The College of Public Health is gearing up for National Health IT Week, a nationwide celebration from Oct. 2-6 focusing on the benefits health information technology brings to the U.S. healthcare system. To celebrate, we're waiving the application fee for our Master of Science in Health Informatics program in October! Click here to learn more information, including how to apply.

By Tom Martin, Assistant Professor of Instruction and Graduate Health Informatics Program Director

A recent difference of opinion between former Vice President Joe Biden and the CEO of a large electronic health record (EHR) company has highlighted an ongoing challenge in our healthcare system: how do we give patients access to information gathered during the course of a medical visit? 

Here’s what happened: during a conversation with Epic Systems CEO Judy Faulkner, Biden asked her why patients don’t have access to their own EHR. Faulkner asked him why he’d want access to his record, and suggested that he would only understand a fraction of it. Biden reportedly responded that he would understand a lot more than she thought—and that his interest in his EHR was his own business. 

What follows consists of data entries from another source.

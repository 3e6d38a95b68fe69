//! Giving pending calls up.

ghost use Rattle.std.specs.Prelude.{◌≡◌, false, OnErr};
ghost use Rattle.wasi_world.specs.Asks.{AsksFor};
ghost use Rattle.wasi_host.specs.Cancel.{cancel_on, cancel_asks, uncancelled, cancel_left, beside_cancelled, beside_left};
ghost use Rattle.host_store.specs.Standing.{call_of};
ghost use Rattle.host_store.specs.Beside.{beside_of};
ghost use Rattle.host_store.specs.KnownSides.{KnowsSides};
ghost use Rattle.host_store.specs.Views.{SameView, state_of};

use host_store::{BesideCall, StandingCall, Store, WasiSocketsCtxView};
use host_tcp::{cancel_listen, tcp_cancel_bind};
use host_udp::{
    cancel_create, cancel_drop_outgoing, cancel_udp_bind, cancel_udp_connect, drop_datagram,
};
use std::alloc::AllocError;
use wasi_world::World;

/// Gives this call up. An output whose drop waits is gone already, and what a blocking call
/// wrote stays written.
fn give_up<W: World>(store: &mut Store, world: &mut W, call: StandingCall) -> Result<(), AllocError>
    requires { (W.seen world.old).ended ≡ false }
    ensures asked { AsksFor (cancel_on store.old call) (W.seen world.old) (W.seen world.new)
        (λ done. store.new) result }
    ensures left { OnErr result (store.new ≡ uncancelled store.old call) }
    ensures unasked { OnErr result (W.seen world.new ≡ W.seen world.old) }
    ensures sides { KnowsSides (W.seen world.old) store.old
        → KnowsSides (W.seen world.new) store.new }
{
    match call {
        StandingCall::Bind { socket, .. } => tcp_cancel_bind(store, socket),
        StandingCall::Listen { socket, .. } => cancel_listen(store, world, socket)?,
        StandingCall::UdpCreate { socket, .. } => cancel_create(store, world, socket)?,
        StandingCall::UdpBind { socket, .. } => cancel_udp_bind(store, socket),
        StandingCall::UdpConnect { socket, .. } => cancel_udp_connect(store, socket),
        StandingCall::UdpConnect3 { socket } => cancel_udp_connect(store, socket),
        StandingCall::DropOutgoing { socket } => cancel_drop_outgoing(store, socket),
        StandingCall::DropOutput { .. } | StandingCall::Blocking(_) => (),
    }
    Ok(())
}

/// Gives the call with this number up that stands beside others; `false` exactly where there is
/// none. A datagram closes the network socket where nothing else holds it.
fn cancel_beside<W: World>(store: &mut Store, world: &mut W, line: u32) -> Result<bool, AllocError>
    requires { (W.seen world.old).ended ≡ false }
    ensures asked { AsksFor (beside_cancelled store.old line (beside_of store.old line))
        (W.seen world.old) (W.seen world.new) (λ given_up. (given_up, store.new)) result }
    ensures left { OnErr result (store.new ≡ beside_left store.old line (beside_of store.old line)) }
    ensures unasked { OnErr result (W.seen world.new ≡ W.seen world.old) }
    ensures sides { KnowsSides (W.seen world.old) store.old
        → KnowsSides (W.seen world.new) store.new }
{
    let Some(beside) = store.find_beside(line) else {
        return Ok(false);
    };
    match &beside.call {
        BesideCall::Connect { .. } => {
            store.beside.remove(line);
            Ok(true)
        }
        BesideCall::Resolve { .. } => {
            store.beside.remove(line);
            Ok(true)
        }
        BesideCall::Send { socket, .. } => {
            let socket = *socket;
            drop_datagram(store, world, line, socket)?;
            Ok(true)
        }
        BesideCall::Receive { socket, .. } => {
            let socket = *socket;
            drop_datagram(store, world, line, socket)?;
            Ok(true)
        }
    }
}

/// Gives the pending call with this number up; `false` exactly where there is none.
///
/// - A bind, or a connect of a UDP socket, leaves its socket as it was.
/// - A connect of a TCP socket leaves it connecting for good.
/// - A listen closes its network socket, and the socket stays closed.
/// - A create closes its network socket.
/// - The drop of an outgoing datagram stream loses its datagram.
/// - A datagram of 0.3 closes its socket's network socket where nothing else holds it any more.
/// - The drop of an output, a call that blocks and a lookup change nothing.
///
/// Out of memory nothing was asked, so no network socket is closed
/// and its record keeps it. The call isn't pending any more.
pub fn cancel<W: World>(
    view: &mut WasiSocketsCtxView<'_>,
    world: &mut W,
    line: u32,
) -> Result<bool, AllocError>
    requires { (W.seen world.old).ended ≡ false }
    ensures asked { AsksFor (cancel_asks (state_of view.old) line) (W.seen world.old)
        (W.seen world.new) (λ cancelled. (cancelled, state_of view.new)) result }
    ensures left { OnErr result (state_of view.new ≡ cancel_left (state_of view.old) line
        (call_of view.old.store.now.standing line)) }
    ensures unasked { OnErr result (W.seen world.new ≡ W.seen world.old) }
    ensures sides { KnowsSides (W.seen world.old) view.old.store.now
        → KnowsSides (W.seen world.new) view.new.store.now }
    ensures view { SameView view.old view.new }
{
    let Some(standing) = view.store.take(line) else {
        return cancel_beside(view.store, world, line);
    };
    give_up(view.store, world, standing.call)?;
    Ok(true)
}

In reality, there is legitimacy to both arguments. To understand the current challenges with patients accessing their information, we need to dig a bit deeper into the history of public policy about health records.

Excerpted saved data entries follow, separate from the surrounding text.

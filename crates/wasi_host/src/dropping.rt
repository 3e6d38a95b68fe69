//! What a handle that is dropped takes with it.

ghost use Rattle.std.specs.Prelude.{◌≡◌, is_some, false, Ok, OnErr};
ghost use Rattle.wasi_world.specs.Asks.{AsksFor};
ghost use Rattle.record_common.specs.Stops.{fault_outcome};
ghost use Rattle.host_store.specs.Kinds.{without_handle};
ghost use Rattle.wasi_host.specs.HandleDrops.{drop_asks, drop_kind};
ghost use Rattle.host_store.specs.Views.{state_of, HostKept};

use host_lookups::drop_lookup;
use host_store::{Kind, WasiSocketsCtxView, handles};
use host_streams::{drop_plain_input, drop_plain_output};
use host_tcp::{drop_end, drop_listener, drop_output, drop_slot, tcp_drop, tcp_release};
use host_udp::{drop_incoming, drop_outgoing, drop_udp, release_udp};
use wasi_addr::ShutdownType;
use wasi_streams::Fault;
use wasi_world::{Answer, Handle, Ids, World};

/// Drops a handle (`drop` of each resource). A handle that has a live child: `HasChildren`. The
/// handle is gone even where memory runs out after that.
///
/// - A TCP socket of 0.2 releases its listener, its open halves and its network socket; one of 0.3
///   its network socket, where nothing else holds it; a UDP socket its network socket.
/// - A listener of 0.3 refuses an arrival in hand, or closes a connection that isn't taken, and
///   then releases the network socket, where nothing else holds it.
/// - An output waits until its writer is ready, and an outgoing datagram stream until its datagram
///   in the background is sent or has failed. The call is pending until then, and
///   [`resume`](crate::resume) continues it.
/// - An incoming datagram stream gives up its receive.
/// - An end of a stream of 0.3 that is open releases its half of the connection.
/// - The network isn't asked about a lookup any more.
/// - The record of a socket, a lookup, a pipe or a result slot is given back.
///
/// No call may be pending before.
pub fn drop_handle<W: World>(
    view: &mut WasiSocketsCtxView<'_>,
    world: &mut W,
    ids: &mut Ids,
    this: Handle,
) -> Result<Answer<()>, Fault>
    requires open { (W.seen world.old).ended ≡ false }
    requires free { is_some view.old.store.now.standing ≡ false }
    ensures asked { AsksFor (drop_asks (state_of view.old) ids.old this) (W.seen world.old)
        (W.seen world.new) (λ answer. (answer, state_of view.new)) (fault_outcome result) }
    ensures gone { OnErr (fault_outcome result) ((state_of view.new).table
        ≡ without_handle (state_of view.old).table this) }
    ensures kept { HostKept view.old view.new ids.old ids.new (W.seen world.old)
        (W.seen world.new) }
{
    let kind = handles::remove(view.table, this)?;
    release_kind(view, world, ids, kind)
}

/// Releases what a handle of this kind stands for.
fn release_kind<W: World>(
    view: &mut WasiSocketsCtxView<'_>,
    world: &mut W,
    ids: &mut Ids,
    kind: Kind,
) -> Result<Answer<()>, Fault>
    requires { (W.seen world.old).ended ≡ false }
    ensures asked { AsksFor (drop_kind (state_of view.old) ids.old kind) (W.seen world.old)
        (W.seen world.new) (λ answer. (answer, state_of view.new)) (fault_outcome result) }
    ensures table { (state_of view.new).table ≡ (state_of view.old).table }
    ensures kept { HostKept view.old view.new ids.old ids.new (W.seen world.old)
        (W.seen world.new) }
{
    match kind {
        Kind::Tcp2(place) => {
            tcp_release(view.store, world, ids.own(), place)?;
            Ok(Answer::Ready(()))
        }
        Kind::Tcp3(place) => {
            tcp_drop(view.store, world, ids.own(), place)?;
            Ok(Answer::Ready(()))
        }
        Kind::Listen3(place) => {
            drop_listener(view.store, world, ids.own(), place)?;
            Ok(Answer::Ready(()))
        }
        Kind::Udp2(place) => {
            release_udp(view.store, world, ids.own(), place)?;
            Ok(Answer::Ready(()))
        }
        Kind::Udp3(place) => {
            drop_udp(view.store, world, ids.own(), place)?;
            Ok(Answer::Ready(()))
        }
        Kind::Output(place) => {
            let answer = drop_output(view.store, world, *ids, place)?;
            Ok(answer)
        }
        Kind::Incoming(place) => {
            drop_incoming(view.store, place);
            Ok(Answer::Ready(()))
        }
        Kind::Outgoing(place) => Ok(drop_outgoing(view.store, *ids, place)),
        Kind::Lookup(place) => {
            drop_lookup(view.store, place);
            Ok(Answer::Ready(()))
        }
        Kind::PlainInput(input) => {
            drop_plain_input(view.store, input);
            Ok(Answer::Ready(()))
        }
        Kind::PlainOutput(output) => {
            drop_plain_output(view.store, output);
            Ok(Answer::Ready(()))
        }
        Kind::Receive3(end) => {
            drop_end(view.store, world, ids.own(), ShutdownType::Receive, end)?;
            Ok(Answer::Ready(()))
        }
        Kind::Send3(end) => {
            drop_end(view.store, world, ids.own(), ShutdownType::Send, end)?;
            Ok(Answer::Ready(()))
        }
        Kind::Result3(slot) => {
            drop_slot(view.store, slot);
            Ok(Answer::Ready(()))
        }
        Kind::Network | Kind::Input(_) | Kind::Pollable(_) | Kind::ErrorValue => {
            Ok(Answer::Ready(()))
        }
    }
}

In 1996, just as the internet was getting big, President Bill Clinton signed the Health Insurance Portability and Accountability Act (HIPAA) into law. HIPAA sought to protect patients or employees when they changed jobs.

Later updates to the law provided additional guidance and requirements for the use of technology to maintain protected medical information. The Health Information Technology for Economic and Clinical Health (HITECH) Act of 2009 accelerated the adoption of electronic health record technologies. Hospitals and healthcare providers transitioned from paper recordkeeping to digital services, increasing demand for EHR services, and a framework was created to guide the process.

These laws have made health records more secure and more widely adopted by healthcare providers. But it’s more difficult than ever for patients to access their own records—something that initiatives such as the GetMyHealthData coalition have highlighted. The solution isn’t simple. Care providers use a multitude of disparate systems, and access to information needs to include input from patients, care providers and EHR companies. So what can each party do to advocate for better patient access—and ultimately for patient wellbeing?

Patients: know your rights. Patients have a legal right to access their medical information, and recent updates to HIPAA require providers to make your information available to you for a nominal fee in the format in which it is collected—including digital formats.

Healthcare providers: open your notes. OpenNotes is an international organization facilitating a movement to make healthcare more transparent by asking providers to share their notes with patients. Research has shown that 99% of patients who have had an encounter based on the open notes principle would like to continue to participate in actively sharing notes.

EHR vendors: embrace the open platforms movement. Application Programming Interfaces (APIs) and computing architectures like Blockchain are bringing more seamlessness to the transfer of information across disparate EHR systems. Sharing information is not easy—but at the end of the day everyone deserves access to information that plays an important role in how they are cared for.